**What the exercise asks**
A verbatim copy of each record is required.

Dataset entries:
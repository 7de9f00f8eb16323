//! Marks and sets of levels in order, one by one.

ghost use Rattle.std.specs.Prelude.{◌≡◌, ◌↔◌, IsTrue, IfOk, length, bit_or};
ghost use Rattle.cc_lattice.specs.Tables.{AreJoins};
ghost use Rattle.cc_state_facts.specs.Orders.{IsMarkBelow, AreMarksBelow, AreLevelSetsBelow, IsMarkJoin, IsLevelJoin};
ghost use Rattle.cc_state_facts.specs.Levels.{AreLevelsWithin};

use cc_program::num::NoMemory;
use std::alloc::Global;

fn is_mark_below(mark: bool, other: bool) -> bool
    ensures { IsTrue result ↔ IsMarkBelow mark other }
{
    !mark || other
}

/// Whether each mark that is set is set at its place among the others.
pub(crate) fn are_marks_below(marks: &[bool], others: &[bool]) -> bool
    requires { length marks.now ≡ length others.now }
    ensures { IsTrue result ↔ AreMarksBelow marks.now others.now }
{
    for (at, mark) in marks.iter().enumerate() {
        if !is_mark_below(*mark, others[at]) {
            return false;
        }
    }
    true
}

fn mark_of_both(mark: bool, other: bool) -> bool
    ensures { IsMarkJoin mark other result }
{
    mark || other
}

/// The marks that are set in one of two lists.
pub(crate) fn mark_joins(
    alloc: Global,
    marks: &[bool],
    others: &[bool],
) -> Result<Vec<bool>, NoMemory>
    requires { length marks.now ≡ length others.now }
    ensures { IfOk result (λ both. AreJoins IsMarkJoin marks.now others.now both.items) }
{
    let mut both = Vec::new(alloc);
    for (at, mark) in marks.iter().enumerate() {
        both.push(mark_of_both(*mark, others[at]))?;
    }
    Ok(both)
}

/// Whether each level of a set is in another one.
pub fn are_levels_within(levels: u8, others: u8) -> bool
    ensures { IsTrue result ↔ AreLevelsWithin levels others }
{
    levels | others == others
}

/// The levels of both sets.
pub fn levels_of_both(levels: u8, others: u8) -> u8
    ensures { result ≡ bit_or levels others }
{
    levels | others
}

/// Whether each set of levels is in the other one at its place.
pub(crate) fn are_levels_below(sets: &[u8], others: &[u8]) -> bool
    requires { length sets.now ≡ length others.now }
    ensures { IsTrue result ↔ AreLevelSetsBelow sets.now others.now }
{
    for (at, levels) in sets.iter().enumerate() {
        if !are_levels_within(*levels, others[at]) {
            return false;
        }
    }
    true
}

/// The levels of each two sets.
pub(crate) fn level_joins(alloc: Global, sets: &[u8], others: &[u8]) -> Result<Vec<u8>, NoMemory>
    requires { length sets.now ≡ length others.now }
    ensures { IfOk result (λ both. AreJoins IsLevelJoin sets.now others.now both.items) }
{
    let mut both = Vec::new(alloc);
    for (at, levels) in sets.iter().enumerate() {
        both.push(levels_of_both(*levels, others[at]))?;
    }
    Ok(both)
}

**Task result**
repository 7de9f00f8eb16323
//! Marks and sets of levels in order, one by one.

ghost use Rattle.std.specs.Prelude.{◌≡◌, ◌↔◌, IsTrue, IfOk, length, bit_or};
ghost use Rattle.cc_lattice.specs.Tables.{AreJoins};
ghost use Rattle.cc_state_facts.specs.Orders.{IsMarkBelow, AreMarksBelow, AreLevelSetsBelow, IsMarkJoin, IsLevelJoin};
ghost use Rattle.cc_state_facts.specs.Levels.{AreLevelsWithin};

use cc_program::num::NoMemory;
use std::alloc::Global;

fn is_mark_below(mark: bool, other: bool) -> bool
    ensures { IsTrue result ↔ IsMarkBelow mark other }
{
    !mark || other
}

/// Whether each mark that is set is set at its place among the others.
pub(crate) fn are_marks_below(marks: &[bool], others: &[bool]) -> bool
    requires { length marks.now ≡ length others.now }
    ensures { IsTrue result ↔ AreMarksBelow marks.now others.now }
{
    for (at, mark) in marks.iter().enumerate() {
        if !is_mark_below(*mark, others[at]) {
            return false;
        }
    }
    true
}

fn mark_of_both(mark: bool, other: bool) -> bool
    ensures { IsMarkJoin mark other result }
{
    mark || other
}

/// The marks that are set in one of two lists.
pub(crate) fn mark_joins(
    alloc: Global,
    marks: &[bool],
    others: &[bool],
) -> Result<Vec<bool>, NoMemory>
    requires { length marks.now ≡ length others.now }
    ensures { IfOk result (λ both. AreJoins IsMarkJoin marks.now others.now both.items) }
{
    let mut both = Vec::new(alloc);
    for (at, mark) in marks.iter().enumerate() {
        both.push(mark_of_both(*mark, others[at]))?;
    }
    Ok(both)
}

/// Whether each level of a set is in another one.
pub fn are_levels_within(levels: u8, others: u8) -> bool
    ensures { IsTrue result ↔ AreLevelsWithin levels others }
{
    levels | others == others
}

/// The levels of both sets.
pub fn levels_of_both(levels: u8, others: u8) -> u8
    ensures { result ≡ bit_or levels others }
{
    levels | others
}

/// Whether each set of levels is in the other one at its place.
pub(crate) fn are_levels_below(sets: &[u8], others: &[u8]) -> bool
    requires { length sets.now ≡ length others.now }
    ensures { IsTrue result ↔ AreLevelSetsBelow sets.now others.now }
{
    for (at, levels) in sets.iter().enumerate() {
        if !are_levels_within(*levels, others[at]) {
            return false;
        }
    }
    true
}

/// The levels of each two sets.
pub(crate) fn level_joins(alloc: Global, sets: &[u8], others: &[u8]) -> Result<Vec<u8>, NoMemory>
    requires { length sets.now ≡ length others.now }
    ensures { IfOk result (λ both. AreJoins IsLevelJoin sets.now others.now both.items) }
{
    let mut both = Vec::new(alloc);
    for (at, levels) in sets.iter().enumerate() {
        both.push(levels_of_both(*levels, others[at]))?;
    }
    Ok(both)
}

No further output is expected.